Highlight From This Week's Reflection Paper
I think I'll feel better about all this if I just completely over-write every single sentence, as if I were penning a manifesto of the ages.
Update:
I just used the word "zeitgeist."
We must reject the ideology of the "achievement gap" that absolves adults of their responsibility and implies student culpability in continued under-performance. The student achievement gap is merely the effect of a much larger and more debilitating chasm: The Educator Achievement Gap. We must erase the distance between the type of teachers we are, and the type of teachers they need us to be.
4 Comments:
"Zietgiest." Hmm...I don't think that I will ever have the opportunity to use that term and do anything but define it.

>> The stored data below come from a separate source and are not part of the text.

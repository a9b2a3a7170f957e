//! What holds of the residual of a macroblock. Nothing here runs.
#![tactic(auto)]

ghost use Rattle.std.specs.Prelude.{◌≡◌, ℕ, pos};
ghost use Rattle.h264_plane.specs.declared.frame.Component.TheVariants.{Y, Cb, Cr};
ghost use Rattle.h264_scale.specs.Macroblock.{residual};
ghost use Rattle.h264_scale.specs.declared.levels.Levels.{Levels};
ghost use Rattle.h264_scale.specs.declared.levels.LumaLevels.TheVariants as luma;
ghost use Rattle.h264_scale.specs.declared.levels.ChromaLevels.TheVariants as chroma;

/// A plane of which no level is coded has a residual of 0.
pub fn not_coded()
    ensures y { (l : Levels) (x y : ℕ) → l.luma ≡ luma.NotCoded → residual l Y x y ≡ pos 0 }
    ensures cb { (l : Levels) (x y : ℕ) → l.cb ≡ chroma.NotCoded → residual l Cb x y ≡ pos 0 }
    ensures cr { (l : Levels) (x y : ℕ) → l.cr ≡ chroma.NotCoded → residual l Cr x y ≡ pos 0 }
{}
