ghost use Rattle.std.specs.Prelude.{◌≡◌, codes, Some, false, true, MatchResult, IfOk};
ghost use Rattle.h264_scale.specs.Residual.{AreIn};
ghost use Rattle.h264_scale.specs.Fours.{IsShort, IsShortBlock, rounded, rounded_block, dc_only, block_residual_fits, block_residual};
ghost use Rattle.h264_plane.specs.Clip.{IsIn};

use crate::fours::{Block, fits_last};
use std::error::Error;
use std::fmt;

/// A value of the transform that lies outside its range of 16 bits, which the standard forbids (8.5.10, 8.5.11, 8.5.12).
#[derive(Clone, Copy, Debug, PartialEq, Eq)]
pub struct TransformRange;

impl fmt::Display for TransformRange {
    ghost output = { λ _. Some (codes "a value of the inverse transform is out of its range") };

    fn fmt<W: fmt::Write>(&self, f: &mut fmt::Formatter<W>) -> fmt::Result {
        f.write_str("a value of the inverse transform is out of its range")
    }
}

impl Error for TransformRange {}

/// A last value of the transform as a sample's difference.
#[inline(always)]
fn rounded_of(h: i32) -> i16
    requires { IsShort h }
    ensures value { result ≡ rounded h }
    ensures bound { IsIn 512 result }
{
    ((h + 32) >> 6) as i16
}

/// The residual row by row, from the last values of the transform.
#[inline(always)]
fn rounded_rows(h: Block) -> [i16; 16]
    requires { IsShortBlock h }
    ensures value { result ≡ rounded_block h }
    ensures bound { AreIn 512 result }
{
    let Block { r0, r1, r2, r3 } = h;
    [
        rounded_of(r0.a),
        rounded_of(r0.b),
        rounded_of(r0.c),
        rounded_of(r0.d),
        rounded_of(r1.a),
        rounded_of(r1.b),
        rounded_of(r1.c),
        rounded_of(r1.d),
        rounded_of(r2.a),
        rounded_of(r2.b),
        rounded_of(r2.c),
        rounded_of(r2.d),
        rounded_of(r3.a),
        rounded_of(r3.b),
        rounded_of(r3.c),
        rounded_of(r3.d),
    ]
}

/// The residual of a block whose DC coefficient is this one, and whose others are 0: each sample is the same.
#[inline(always)]
pub fn flat(dc: i32) -> Result<[i16; 16], TransformRange>
    ensures value { MatchResult result (λ r. (block_residual_fits (dc_only dc) ≡ true) × (r ≡ block_residual (dc_only dc)))
        (λ _. block_residual_fits (dc_only dc) ≡ false) }
    ensures bound { IfOk result (AreIn 512) }
{
    if !fits_last(dc) {
        return Err(TransformRange);
    }
    Ok([rounded_of(dc); 16])
}

/// The inverse transform of any scaled coefficients, rows first, with a test of each value (8.5.12.2).
#[tactic(auto, unfolding(crate::specs::Fours::block_residual_fits, crate::specs::Fours::block_residual))]
#[inline(never)]
pub fn tested_residual(d: Block) -> Result<[i16; 16], TransformRange>
    ensures value { MatchResult result (λ r. (block_residual_fits d ≡ true) × (r ≡ block_residual d)) (λ _. block_residual_fits d ≡ false) }
    ensures bound { IfOk result (AreIn 512) }
{
    if !d.fits() {
        return Err(TransformRange);
    }
    let e = d.row_halves();
    if !e.fits() {
        return Err(TransformRange);
    }
    let f = e.row_joined();
    if !f.fits() {
        return Err(TransformRange);
    }
    let g = f.halves();
    if !g.fits() {
        return Err(TransformRange);
    }
    let h = g.joined();
    if !h.fits_last() {
        return Err(TransformRange);
    }
    Ok(rounded_rows(h))
}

You are planning to keep us updated on how your eduspeak pastiche is received, aren't you? H.
H.,
The professor did not understand my writing. Also, I need to improve my use of grammar because I included a fragment.
"Happy days are here again..."
P.S. (Did your order get kicked back to you? Can you email me about this?)
I really hate the term "Venn diagram." Who was Venn anyway? But if you're tired from actually doing your job (i.e. teaching), and you don't know what else to say in education class, just blurt out "Venn diagram!" Everyone will nod, and your professors will love you. Only people who went to education school know this term. It's kinda' like Delaney cards. (Do you have those in Oakland, or is it just a NYC phenomenon?) Somehow this guy named Delaney convinced every school district in NYC that they needed to use his cards to create seating charts. The cards are from the 1940's, and NYC is still using them! I'm going to make a Venn diagram to tell the story of the Delaney card.